Today Ben was stuck inside while my husband and I mowed the lawn. He hates being inside when we're out, but it was hot and he wasn't all that happy when we had him outside so he spent a couple of hours watching us through the back door. When I was finally done, I brought him outside on his long leash. Ben got the zoomies and yanked me clear off my feet and pulled me along for a few feet. I yelled, loudly. He circled me and grabbed my hair. I pushed him away and he grabbed it again. I don't know if he was trying to help me stand up or simply trying to play. He wasn't biting me, just my hair. When I did stand up, he continued to run around like a mad-dog. Back in the house he went, utterly oblivious of the fact that I was not really happy with him right then. That fall hurt! It also scared me a bit, because he was strong enough to not only knock me down, but drag me.

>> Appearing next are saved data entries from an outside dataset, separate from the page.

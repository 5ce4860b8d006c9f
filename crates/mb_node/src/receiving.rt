//! Receiving: what a link gives, as messages and quiets.

use crate::inbox::Inbox;
use mb_base::{Items, NoMemory, Shape};
use mb_edge::{Failed, Got, Link};
use mb_frag::{HEADER_LEN, PIECE};
use std::alloc::Global;

/// One byte more than the longest piece, so that a longer datagram is no piece.
const DATAGRAM_LIMIT: usize = HEADER_LEN + PIECE + 1;

/// What a receive gave.
#[derive(Drop)]
pub(crate) enum Arrival {
    /// A message is whole.
    Message(Items<u8>),
    /// A datagram came, and no message is whole.
    Nothing,
    /// A while has passed since the last quiet.
    Quiet,
}

/// Receives datagrams, and puts messages together.
#[derive(Drop)]
pub(crate) struct Receiver {
    inbox: Inbox,
    buffer: Vec<u8>,
}

impl Receiver {
    ghost use Rattle.std.specs.Prelude.{◌≡◌, [], IfOk, IsErrOf};
    ghost use Rattle.mb_node.specs.Inboxes.{HasReceived};
    ghost use Rattle.mb_edge.specs.Faults.{TellsFaults};
    ghost use Rattle.mb_node.specs.Receiving.{Gives, ArrivalFits};

    /// Nothing was received yet.
    pub(crate) fn make(alloc: Global, shape: Shape) -> Result<Receiver, NoMemory>
        ensures { IfOk result (λ r. HasReceived shape [] r.inbox) }
    {
        Ok(Receiver {
            inbox: Inbox::make(alloc, shape)?,
            buffer: vec![in alloc; 0; DATAGRAM_LIMIT]?,
        })
    }

    /// One receive.
    pub(crate) fn receive<L: Link>(
        &mut self,
        alloc: Global,
        link: &mut L,
    ) -> Result<Arrival, Failed>
        ensures gives { Gives self.old self.new result (L.seen link.old).received (L.seen link.new).received }
        ensures fits { IfOk result ArrivalFits }
        ensures sent { (L.seen link.new).sent ≡ (L.seen link.old).sent }
        ensures opens { (L.seen link.new).opens ≡ (L.seen link.old).opens }
        ensures link { TellsFaults (L.never_fails link.old) (L.never_fails link.new) (L.seen link.old).faults (L.seen link.new).faults (IsErrOf result Failed.Device) }
    {
        match link.recv(self.buffer.as_mut_slice()) {
            Got::Failed(cause) => Err(cause),
            Got::Quiet => Ok(Arrival::Quiet),
            Got::Datagram(count) => match self.inbox.take(alloc, &self.buffer[..count])? {
                Some(message) => Ok(Arrival::Message(message)),
                None => Ok(Arrival::Nothing),
            },
        }
    }
}
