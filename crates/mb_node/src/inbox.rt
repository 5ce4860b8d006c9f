//! The messages that datagrams bring: one reassembler for each sender.

use mb_base::{Items, NoMemory, Shape};
use mb_frag::{Pushed, Reassembler};
use std::alloc::Global;

/// The number of the client program, as a sender and as a peer.
pub(crate) const CLIENT_PEER: u8 = 255;

/// One reassembler for each host by its number, and one for the client program. Datagrams of others are dropped.
#[derive(Drop)]
pub(crate) struct Inbox {
    hosts: Vec<Reassembler>,
    client: Reassembler,
}

impl Inbox {
    ghost use Rattle.std.specs.Prelude.{◌∷◌, ◌≡◌, [], Some, IfOk, IfSome};
    ghost use Rattle.mb_base.specs.declared.shape.Shape.{Shape as ShapeRecord};
    ghost use Rattle.mb_base.specs.Spelling.{IsBytes};
    ghost use Rattle.mb_frag.specs.Stages.{IsSized};
    ghost use Rattle.mb_node.specs.Receives.{Receives, made_whole};
    ghost use Rattle.mb_node.specs.Inboxes.{HasReceived};

    /// Nothing was received yet.
    pub(crate) fn make(alloc: Global, shape: Shape) -> Result<Inbox, NoMemory>
        ensures { IfOk result (HasReceived shape []) }
    {
        let mut hosts = Vec::with_capacity(alloc, usize::from(shape.n()))?;
        for _ in 0..shape.n() {
            hosts.push(Reassembler::make(alloc)?)?;
        }
        Ok(Inbox {
            hosts,
            client: Reassembler::make(alloc)?,
        })
    }

    /// Takes a datagram, and gives the message that it makes whole.
    pub(crate) fn take(
        &mut self,
        alloc: Global,
        datagram: &[u8],
    ) -> Result<Option<Items<u8>>, NoMemory>
        ensures message { (s : ShapeRecord) (before : Receives) → HasReceived s before self.old
            → IfOk result (λ message. (message ≡ made_whole s before datagram.now) × HasReceived s (Some datagram.now ∷ before) self.new) }
        ensures fits { IfOk result (λ message. IfSome message IsSized) }
        ensures of_bytes { IsBytes datagram.now }
    {
        match datagram.first() {
            None => Ok(None),
            Some(&CLIENT_PEER) => push(alloc, &mut self.client, datagram),
            Some(&host) => match self.hosts.get_mut(usize::from(host)) {
                None => Ok(None),
                Some(joiner) => push(alloc, joiner, datagram),
            },
        }
    }
}

ghost use Rattle.std.specs.Prelude.{◌≡◌, IfOk, IfSome};
ghost use Rattle.mb_frag.specs.Held.{push_of};
ghost use Rattle.mb_frag.specs.Stages.{IsSized};
ghost use Rattle.mb_node.specs.Receives.{whole_message};

/// Pushes a datagram, and gives the message that it makes whole.
fn push(
    alloc: Global,
    joiner: &mut Reassembler,
    datagram: &[u8],
) -> Result<Option<Items<u8>>, NoMemory>
    ensures message { IfOk result (λ message. message ≡ whole_message (push_of joiner.old datagram.now)) }
    ensures held { joiner.new ≡ (push_of joiner.old datagram.now).1 }
    ensures fits { IfOk result (λ message. IfSome message IsSized) }
{
    match joiner.push(datagram) {
        Pushed::Whole => {
            let message = Vec::from_slice(alloc, joiner.message())?;
            Ok(Some(Items::from_vec(message)))
        }
        _ => Ok(None),
    }
}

Since we hike on rough rocky trails, I really don't want a repeat!

He has been really well behaved lately - I guess he was overdue for going off the rails a bit.


----------



## sadiegold (Nov 3, 2010)

Sadie pulled my hair often and pretty hard (pony tail or loose) when she was very young. At 10 months old not as much, but maybe because shes much heavier to pick up and cant just reach over my shoulder to grab it?


----------